WHAT YOU ARE ASKED TO DO » Only the number is wanted: how many lines of these entries contain the word "OnOk"?

Stored dataset items »
+===+

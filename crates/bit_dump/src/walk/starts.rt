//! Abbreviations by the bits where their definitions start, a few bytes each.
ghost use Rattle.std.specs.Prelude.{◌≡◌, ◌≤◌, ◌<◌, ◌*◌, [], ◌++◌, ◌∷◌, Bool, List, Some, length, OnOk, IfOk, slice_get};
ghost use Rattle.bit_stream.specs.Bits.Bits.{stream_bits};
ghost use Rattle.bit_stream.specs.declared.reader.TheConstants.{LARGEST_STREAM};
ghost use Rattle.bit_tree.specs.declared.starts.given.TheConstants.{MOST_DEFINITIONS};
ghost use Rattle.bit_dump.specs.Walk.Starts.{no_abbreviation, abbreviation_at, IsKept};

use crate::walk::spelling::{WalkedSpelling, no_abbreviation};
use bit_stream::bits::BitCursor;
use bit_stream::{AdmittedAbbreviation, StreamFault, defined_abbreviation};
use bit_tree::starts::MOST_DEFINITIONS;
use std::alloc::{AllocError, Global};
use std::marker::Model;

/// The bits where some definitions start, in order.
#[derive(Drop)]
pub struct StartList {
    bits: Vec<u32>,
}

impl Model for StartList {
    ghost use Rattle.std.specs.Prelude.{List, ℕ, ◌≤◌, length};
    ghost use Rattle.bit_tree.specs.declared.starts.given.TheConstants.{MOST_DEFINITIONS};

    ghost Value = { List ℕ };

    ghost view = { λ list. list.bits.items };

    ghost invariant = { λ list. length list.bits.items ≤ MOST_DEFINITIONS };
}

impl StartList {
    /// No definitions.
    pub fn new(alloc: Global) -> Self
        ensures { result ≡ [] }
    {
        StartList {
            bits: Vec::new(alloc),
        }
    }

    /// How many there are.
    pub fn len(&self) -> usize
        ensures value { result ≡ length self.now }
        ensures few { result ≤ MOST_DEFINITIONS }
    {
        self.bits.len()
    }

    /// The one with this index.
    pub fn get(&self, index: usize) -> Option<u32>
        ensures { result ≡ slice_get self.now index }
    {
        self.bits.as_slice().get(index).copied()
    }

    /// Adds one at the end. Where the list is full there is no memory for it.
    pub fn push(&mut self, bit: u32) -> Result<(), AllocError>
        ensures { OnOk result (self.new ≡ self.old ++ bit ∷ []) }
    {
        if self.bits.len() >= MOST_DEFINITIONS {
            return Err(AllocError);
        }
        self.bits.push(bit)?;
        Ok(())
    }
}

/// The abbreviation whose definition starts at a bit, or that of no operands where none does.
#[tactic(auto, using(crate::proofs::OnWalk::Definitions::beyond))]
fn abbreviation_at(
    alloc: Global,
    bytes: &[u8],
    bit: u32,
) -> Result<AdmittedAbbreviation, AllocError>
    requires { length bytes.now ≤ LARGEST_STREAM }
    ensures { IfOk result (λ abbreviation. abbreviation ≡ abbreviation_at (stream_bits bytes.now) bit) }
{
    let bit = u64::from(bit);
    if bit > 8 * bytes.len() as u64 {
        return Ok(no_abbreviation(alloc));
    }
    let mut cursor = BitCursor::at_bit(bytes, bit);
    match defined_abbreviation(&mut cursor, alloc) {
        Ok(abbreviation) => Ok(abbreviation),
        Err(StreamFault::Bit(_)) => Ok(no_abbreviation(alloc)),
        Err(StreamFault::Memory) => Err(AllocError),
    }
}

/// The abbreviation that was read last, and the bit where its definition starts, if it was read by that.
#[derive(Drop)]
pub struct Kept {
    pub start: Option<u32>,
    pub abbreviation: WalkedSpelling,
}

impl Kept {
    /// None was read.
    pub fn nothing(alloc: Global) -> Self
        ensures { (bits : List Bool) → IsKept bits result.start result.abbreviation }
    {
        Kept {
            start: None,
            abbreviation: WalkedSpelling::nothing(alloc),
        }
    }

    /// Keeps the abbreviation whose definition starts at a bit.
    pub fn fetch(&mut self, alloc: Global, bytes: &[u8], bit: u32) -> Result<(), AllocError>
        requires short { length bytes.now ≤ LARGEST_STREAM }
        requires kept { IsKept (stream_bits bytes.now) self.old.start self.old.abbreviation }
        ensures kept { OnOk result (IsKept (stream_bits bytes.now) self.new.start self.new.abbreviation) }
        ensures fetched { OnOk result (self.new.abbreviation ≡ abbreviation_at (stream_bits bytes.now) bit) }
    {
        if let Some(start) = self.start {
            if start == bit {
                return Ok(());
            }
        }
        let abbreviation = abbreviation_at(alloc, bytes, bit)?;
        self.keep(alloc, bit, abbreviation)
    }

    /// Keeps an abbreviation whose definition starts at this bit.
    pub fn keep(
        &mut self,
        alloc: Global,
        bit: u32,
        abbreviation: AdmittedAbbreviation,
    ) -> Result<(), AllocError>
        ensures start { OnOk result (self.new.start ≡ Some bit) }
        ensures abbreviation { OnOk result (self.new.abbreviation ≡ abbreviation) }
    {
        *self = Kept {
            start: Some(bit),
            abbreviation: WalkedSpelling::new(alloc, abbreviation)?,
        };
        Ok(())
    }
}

+===+

REPLY » 6